- _What is required_: Print exactly the line with "let other = two_puts(alloc, (b'b', b'2'), (b'c', b'2'))?;" and every line after it, through the final line of the material below.

- _Data shown_:
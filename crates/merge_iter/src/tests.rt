//! Cursors that are merged, and what numbers see.

ghost use Rattle.std.specs.Prelude.{◌≡◌, None, IfOk};

use crate::trial_cursor::TrialCursor;
use crate::{Merge, Visible};
use peb_base::{Change, ChangeRef, Cursor, Entry, Key, Number, ReadFault, Value};
use std::alloc::Global;
use std::collections::BTreeMap;
use std::test::Fail;

/// Puts of `v` to two-byte keys, each numbered 1.1.
fn puts(alloc: Global, keys: &[u16]) -> Result<TrialCursor, Fail> {
    let mut entries = Vec::new(alloc);
    for key in keys {
        entries.push(Entry {
            key: Key::new(alloc, &key.to_be_bytes())?,
            number: Number::new(1, 1),
            change: Change::Put(Value::new(alloc, b"v")?),
        })?;
    }
    Ok(TrialCursor::new(entries))
}

/// The number that two bytes of a key spell.
fn spelled(key: &[u8]) -> Option<u16> {
    match key {
        [high, low] => Some(*high as u16 * 256 + *low as u16),
        _ => None,
    }
}

/// The key at which the merge stands, and the place of its input.
fn stands(merge: &Merge<TrialCursor>) -> Option<(u16, usize)> {
    let entry = merge.at()?;
    Some((spelled(entry.key)?, merge.source()?))
}

/// Two cursors as one.
fn both(alloc: Global, a: TrialCursor, b: TrialCursor) -> Result<Merge<TrialCursor>, Fail>
    ensures { IfOk result (λ merge. ⟦<Merge<TrialCursor> as Cursor>⟧.shows merge ≡ None) }
{
    let mut inputs = Vec::new(alloc);
    inputs.push(a)?;
    inputs.push(b)?;
    Ok(Merge::new(inputs))
}

#[test]
fn odd_and_even_keys_are_walked_in_order_both_ways(rt: HostRuntime) -> Result<(), Fail> {
    let alloc = rt.alloc();
    let mut odd = Vec::new(alloc);
    let mut even = Vec::new(alloc);
    for number in 0..500 {
        even.push(2 * number)?;
        odd.push(2 * number + 1)?;
    }
    let mut merge = both(alloc, puts(alloc, &odd)?, puts(alloc, &even)?)?;
    merge.first()?;
    for number in 0u16..1000 {
        assert_eq!(rt; stands(&merge), Some((number, (1 - number % 2) as usize)));
        merge.next()?;
    }
    assert_eq!(rt; stands(&merge), None);
    merge.last()?;
    for back in 0u16..1000 {
        let number = 999 - back;
        assert_eq!(rt; stands(&merge), Some((number, (1 - number % 2) as usize)));
        merge.prev()?;
    }
    assert_eq!(rt; stands(&merge), None);
    Ok(())
}

#[test]
fn a_walk_turns_in_the_middle_and_at_both_ends(rt: HostRuntime) -> Result<(), Fail> {
    let alloc = rt.alloc();
    let mut merge = both(alloc, puts(alloc, &[1, 3, 5])?, puts(alloc, &[0, 2, 4])?)?;
    assert_eq!(rt; stands(&merge), None);
    merge.next()?;
    assert_eq!(rt; stands(&merge), None);
    merge.seek(&[0, 2], Number::new(1, 1))?;
    assert_eq!(rt; stands(&merge), Some((2, 1)));
    merge.prev()?;
    assert_eq!(rt; stands(&merge), Some((1, 0)));
    merge.prev()?;
    assert_eq!(rt; stands(&merge), Some((0, 1)));
    merge.next()?;
    assert_eq!(rt; stands(&merge), Some((1, 0)));
    merge.next()?;
    assert_eq!(rt; stands(&merge), Some((2, 1)));
    merge.last()?;
    assert_eq!(rt; stands(&merge), Some((5, 0)));
    merge.prev()?;
    merge.next()?;
    assert_eq!(rt; stands(&merge), Some((5, 0)));
    merge.next()?;
    assert_eq!(rt; stands(&merge), None);
    merge.first()?;
    merge.prev()?;
    assert_eq!(rt; stands(&merge), None);
    Ok(())
}

#[test]
fn an_entry_of_two_inputs_is_given_twice_in_their_order(rt: HostRuntime) -> Result<(), Fail> {
    let alloc = rt.alloc();
    let mut merge = both(alloc, puts(alloc, &[2, 7])?, puts(alloc, &[7, 9])?)?;
    merge.first()?;
    merge.next()?;
    assert_eq!(rt; stands(&merge), Some((7, 0)));
    merge.next()?;
    assert_eq!(rt; stands(&merge), Some((7, 1)));
    merge.next()?;
    assert_eq!(rt; stands(&merge), Some((9, 1)));
    merge.last()?;
    merge.prev()?;
    assert_eq!(rt; stands(&merge), Some((7, 1)));
    merge.prev()?;
    assert_eq!(rt; stands(&merge), Some((7, 0)));
    Ok(())
}

#[test]
fn a_refusal_of_an_input_is_told_and_leaves_no_place(rt: HostRuntime) -> Result<(), Fail> {
    let alloc = rt.alloc();
    let damaged = ReadFault::Damaged { table: 7, at: 4096 };
    for fault in [ReadFault::Fault, damaged] {
        let mut failing = puts(alloc, &[1, 3, 5])?;
        failing.refuse_after(2, fault);
        let mut merge = both(alloc, puts(alloc, &[0, 2, 4])?, failing)?;
        merge.first()?;
        merge.next()?;
        merge.next()?;
        assert_eq!(rt; stands(&merge), Some((2, 0)));
        merge.next()?;
        assert_eq!(rt; merge.next(), Err(fault));
        assert_eq!(rt; merge.fault(), Some(fault));
        assert_eq!(rt; stands(&merge), None);
        assert_eq!(rt; merge.next(), Ok(()));
        assert_eq!(rt; merge.fault(), None);
        assert_eq!(rt; stands(&merge), None);
        merge.first()?;
        assert_eq!(rt; stands(&merge), Some((0, 0)));
    }
    Ok(())
}

const DAMAGED: ReadFault = ReadFault::Damaged { table: 7, at: 4096 };

/// Puts to even keys, and to odd ones by a cursor that finds damage after so many moves, as one.
fn with_damage(alloc: Global, moves: u64) -> Result<Merge<TrialCursor>, Fail>
    ensures { IfOk result (λ merge. ⟦<Merge<TrialCursor> as Cursor>⟧.shows merge ≡ None) }
{
    let even = puts(alloc, &[0, 2, 4, 8])?;
    let mut odd = puts(alloc, &[1, 3, 5])?;
    odd.refuse_after(moves, DAMAGED);
    both(alloc, even, odd)
}

#[test]
fn damage_of_an_input_is_told_by_every_move(rt: HostRuntime) -> Result<(), Fail> {
    let alloc = rt.alloc();
    let number = Number::new(1, 1);
    let mut merge = with_damage(alloc, 0)?;
    assert_eq!(rt; merge.seek(&[0, 2], number), Err(DAMAGED));
    assert_eq!(rt; merge.fault(), Some(DAMAGED));
    assert_eq!(rt; stands(&merge), None);
    let mut merge = with_damage(alloc, 0)?;
    assert_eq!(rt; merge.first(), Err(DAMAGED));
    assert_eq!(rt; stands(&merge), None);
    let mut merge = with_damage(alloc, 0)?;
    assert_eq!(rt; merge.last(), Err(DAMAGED));
    assert_eq!(rt; stands(&merge), None);
    Ok(())
}

#[test]
fn damage_of_an_input_is_told_where_a_walk_turns(rt: HostRuntime) -> Result<(), Fail> {
    let alloc = rt.alloc();
    let number = Number::new(1, 1);
    let mut merge = with_damage(alloc, 1)?;
    merge.seek(&[0, 2], number)?;
    assert_eq!(rt; merge.prev(), Err(DAMAGED));
    assert_eq!(rt; merge.fault(), Some(DAMAGED));
    assert_eq!(rt; stands(&merge), None);
    // from no place to its last entry
    let mut merge = with_damage(alloc, 1)?;
    merge.seek(&[0, 6], number)?;
    assert_eq!(rt; stands(&merge), Some((8, 0)));
    assert_eq!(rt; merge.prev(), Err(DAMAGED));
    assert_eq!(rt; stands(&merge), None);
    // from no place to its first entry
    let mut merge = with_damage(alloc, 4)?;
    merge.last()?;
    for _ in 0..6 {
        merge.prev()?;
    }
    assert_eq!(rt; stands(&merge), Some((0, 0)));
    assert_eq!(rt; merge.next(), Err(DAMAGED));
    assert_eq!(rt; stands(&merge), None);
    Ok(())
}

#[test]
fn damage_of_an_input_is_told_by_a_view(rt: HostRuntime) -> Result<(), Fail> {
    let alloc = rt.alloc();
    let number = Number::new(1, 1);
    let mut view = Visible::new(with_damage(alloc, 0)?, number);
    assert_eq!(rt; view.seek(&[0, 2]), Err(DAMAGED));
    assert_eq!(rt; view.at().is_none(), true);
    let mut view = Visible::new(with_damage(alloc, 0)?, number);
    assert_eq!(rt; view.first(), Err(DAMAGED));
    let mut view = Visible::new(with_damage(alloc, 0)?, number);
    assert_eq!(rt; view.last(), Err(DAMAGED));
    let mut view = Visible::new(with_damage(alloc, 1)?, number);
    view.first()?;
    view.next()?;
    assert_eq!(rt; view.next(), Err(DAMAGED));
    assert_eq!(rt; view.at().is_none(), true);
    let mut view = Visible::new(with_damage(alloc, 1)?, number);
    view.seek(&[0, 4])?;
    assert_eq!(rt; view.prev(), Err(DAMAGED));
    assert_eq!(rt; view.at().is_none(), true);
    assert_eq!(rt; view.close().fault(), Some(DAMAGED));
    Ok(())
}

#[test]
fn an_input_that_refused_its_seek_is_merged_as_refused(rt: HostRuntime) -> Result<(), Fail> {
    let alloc = rt.alloc();
    let number = Number::new(1, 1);
    let mut even = puts(alloc, &[0, 2, 4])?;
    even.seek(&[0, 2], number)?;
    let mut odd = puts(alloc, &[1, 3, 5])?;
    odd.refuse_after(0, DAMAGED);
    assert_eq!(rt; odd.seek(&[0, 2], number), Err(DAMAGED));
    let mut inputs = Vec::new(alloc);
    inputs.push(even)?;
    inputs.push(odd)?;
    let merge = Merge::at_places(inputs);
    assert_eq!(rt; merge.fault(), Some(DAMAGED));
    assert_eq!(rt; stands(&merge), None);
    let (view, answer) = Visible::resume(merge, &[0, 2], number);
    assert_eq!(rt; answer, Err(DAMAGED));
    assert_eq!(rt; view.at().is_none(), true);
    let mut merge = view.close();
    merge.seek(&[0, 2], number)?;
    assert_eq!(rt; merge.fault(), None);
    assert_eq!(rt; stands(&merge), Some((2, 0)));
    Ok(())
}

#[test]
fn inputs_that_stand_at_places_are_merged_there(rt: HostRuntime) -> Result<(), Fail> {
    let alloc = rt.alloc();
    let mut merge = both(alloc, puts(alloc, &[1, 3, 5])?, puts(alloc, &[0, 2, 4])?)?;
    merge.seek(&[0, 3], Number::new(1, 1))?;
    let mut merge = Merge::at_places(merge.close());
    assert_eq!(rt; stands(&merge), Some((3, 0)));
    merge.next()?;
    assert_eq!(rt; stands(&merge), Some((4, 1)));
    Ok(())
}

/// An operation of the history below: its number's count, its key, and the value that it puts.
type Row = (u64, u8, Option<u8>);

/// Three puts of `b` and a deletion between, among two other keys.
const HISTORY: [Row; 8] = [
    (1, b'b', Some(b'1')),
    (2, b'a', Some(b'2')),
    (3, b'b', Some(b'3')),
    (4, b'b', None),
    (5, b'c', Some(b'5')),
    (6, b'b', Some(b'6')),
    (7, b'a', None),
    (8, b'c', Some(b'8')),
];

/// The entries of the history in entry order, those of odd or of even counts.
fn half(alloc: Global, odd: u64) -> Result<TrialCursor, Fail> {
    let mut entries = Vec::new(alloc);
    for key in b"abc" {
        for back in 0..HISTORY.len() {
            let (count, of, put) = HISTORY[HISTORY.len() - 1 - back];
            if of == *key && count % 2 == odd {
                let change = match put {
                    Some(value) => Change::Put(Value::new(alloc, &[value])?),
                    None => Change::Delete,
                };
                entries.push(Entry {
                    key: Key::new(alloc, &[of])?,
                    number: Number::new(1, count),
                    change,
                })?;
            }
        }
    }
    Ok(TrialCursor::new(entries))
}

/// The rows of the history at a count, by an ordered map.
fn rows(alloc: Global, at: u64) -> Result<Vec<(u8, u8)>, Fail> {
    let mut map = BTreeMap::new(alloc);
    for (count, key, put) in HISTORY {
        if count <= at {
            match put {
                Some(value) => {
                    map.insert(key, value)?;
                }
                None => {
                    map.remove(&key);
                }
            }
        }
    }
    let mut rows = Vec::new(alloc);
    for (key, value) in map.iter() {
        rows.push((*key, *value))?;
    }
    Ok(rows)
}

/// The key and the value at which a view stands, of one byte each.
fn seen(view: &Visible<Merge<TrialCursor>>) -> Option<(u8, u8)> {
    let entry = view.at()?;
    match (entry.key, entry.change) {
        ([key], ChangeRef::Put([value])) => Some((*key, *value)),
        _ => None,
    }
}

#[test]
fn each_number_sees_the_rows_of_its_map_both_ways(rt: HostRuntime) -> Result<(), Fail> {
    let alloc = rt.alloc();
    for at in 0..9 {
        let inner = both(alloc, half(alloc, 1)?, half(alloc, 0)?)?;
        let mut view = Visible::new(inner, Number::new(1, at));
        let rows = rows(alloc, at)?;
        view.first()?;
        for row in rows.iter() {
            assert_eq!(rt; seen(&view), Some(*row));
            view.next()?;
        }
        assert_eq!(rt; seen(&view), None);
        view.last()?;
        for row in rows.iter().rev() {
            assert_eq!(rt; seen(&view), Some(*row));
            view.prev()?;
        }
        assert_eq!(rt; seen(&view), None);
    }
    Ok(())
}

#[test]
fn a_view_turns_and_is_resumed(rt: HostRuntime) -> Result<(), Fail> {
    let alloc = rt.alloc();
    let inner = both(alloc, half(alloc, 1)?, half(alloc, 0)?)?;
    let mut view = Visible::new(inner, Number::new(1, 6));
    view.seek(b"b")?;
    assert_eq!(rt; seen(&view), Some((b'b', b'6')));
    view.prev()?;
    assert_eq!(rt; seen(&view), Some((b'a', b'2')));
    view.next()?;
    let number = Number::new(1, 6);
    let (mut view, answer) = Visible::resume(view.close(), b"b", number);
    assert_eq!(rt; answer, Ok(()));
    assert_eq!(rt; seen(&view), Some((b'b', b'6')));
    view.next()?;
    assert_eq!(rt; seen(&view), Some((b'c', b'5')));
    Ok(())
}

#[test]
fn a_resumed_view_shows_what_its_own_seek_would(rt: HostRuntime) -> Result<(), Fail> {
    let alloc = rt.alloc();
    for at in 0..9 {
        let number = Number::new(1, at);
        let rows = rows(alloc, at)?;
        for key in b"abc" {
            let mut odd = half(alloc, 1)?;
            odd.seek(&[*key], number)?;
            let mut even = half(alloc, 0)?;
            even.seek(&[*key], number)?;
            let mut inputs = Vec::new(alloc);
            inputs.push(odd)?;
            inputs.push(even)?;
            let (mut resumed, answer) = Visible::resume(Merge::at_places(inputs), &[*key], number);
            assert_eq!(rt; answer, Ok(()));
            let mut sought = Visible::new(both(alloc, half(alloc, 1)?, half(alloc, 0)?)?, number);
            sought.seek(&[*key])?;
            for row in rows.iter() {
                if row.0 >= *key {
                    assert_eq!(rt; seen(&resumed), Some(*row));
                    assert_eq!(rt; seen(&sought), Some(*row));
                    resumed.next()?;
                    sought.next()?;
                }
            }
            assert_eq!(rt; seen(&resumed), None);
            assert_eq!(rt; seen(&sought), None);
        }
    }
    Ok(())
}

/// One put of a value under a key of one byte, numbered 1.1, and another behind it.
fn two_puts(alloc: Global, first: (u8, u8), second: (u8, u8)) -> Result<TrialCursor, Fail> {
    let mut entries = Vec::new(alloc);
    for (key, value) in [first, second] {
        entries.push(Entry {
            key: Key::new(alloc, &[key])?,
            number: Number::new(1, 1),
            change: Change::Put(Value::new(alloc, &[value])?),
        })?;
    }
    Ok(TrialCursor::new(entries))
}

#[test]
fn of_an_entry_of_two_inputs_a_view_shows_the_first_alone(rt: HostRuntime) -> Result<(), Fail> {
    let alloc = rt.alloc();
    let one = two_puts(alloc, (b'a', b'1'), (b'b', b'1'))?;
    let other = two_puts(alloc, (b'b', b'2'), (b'c', b'2'))?;
    let rows = [(b'a', b'1'), (b'b', b'1'), (b'c', b'2')];
    let mut view = Visible::new(both(alloc, one, other)?, Number::new(1, 1));
    view.first()?;
    for row in rows {
        assert_eq!(rt; seen(&view), Some(row));
        view.next()?;
    }
    assert_eq!(rt; seen(&view), None);
    view.last()?;
    for row in rows.iter().rev() {
        assert_eq!(rt; seen(&view), Some(*row));
        view.prev()?;
    }
    assert_eq!(rt; seen(&view), None);
    Ok(())
}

- _Task result_:
    let other = two_puts(alloc, (b'b', b'2'), (b'c', b'2'))?;
    let rows = [(b'a', b'1'), (b'b', b'1'), (b'c', b'2')];
    let mut view = Visible::new(both(alloc, one, other)?, Number::new(1, 1));
    view.first()?;
    for row in rows {
        assert_eq!(rt; seen(&view), Some(row));
        view.next()?;
    }
    assert_eq!(rt; seen(&view), None);
    view.last()?;
    for row in rows.iter().rev() {
        assert_eq!(rt; seen(&view), Some(*row));
        view.prev()?;
    }
    assert_eq!(rt; seen(&view), None);
    Ok(())
}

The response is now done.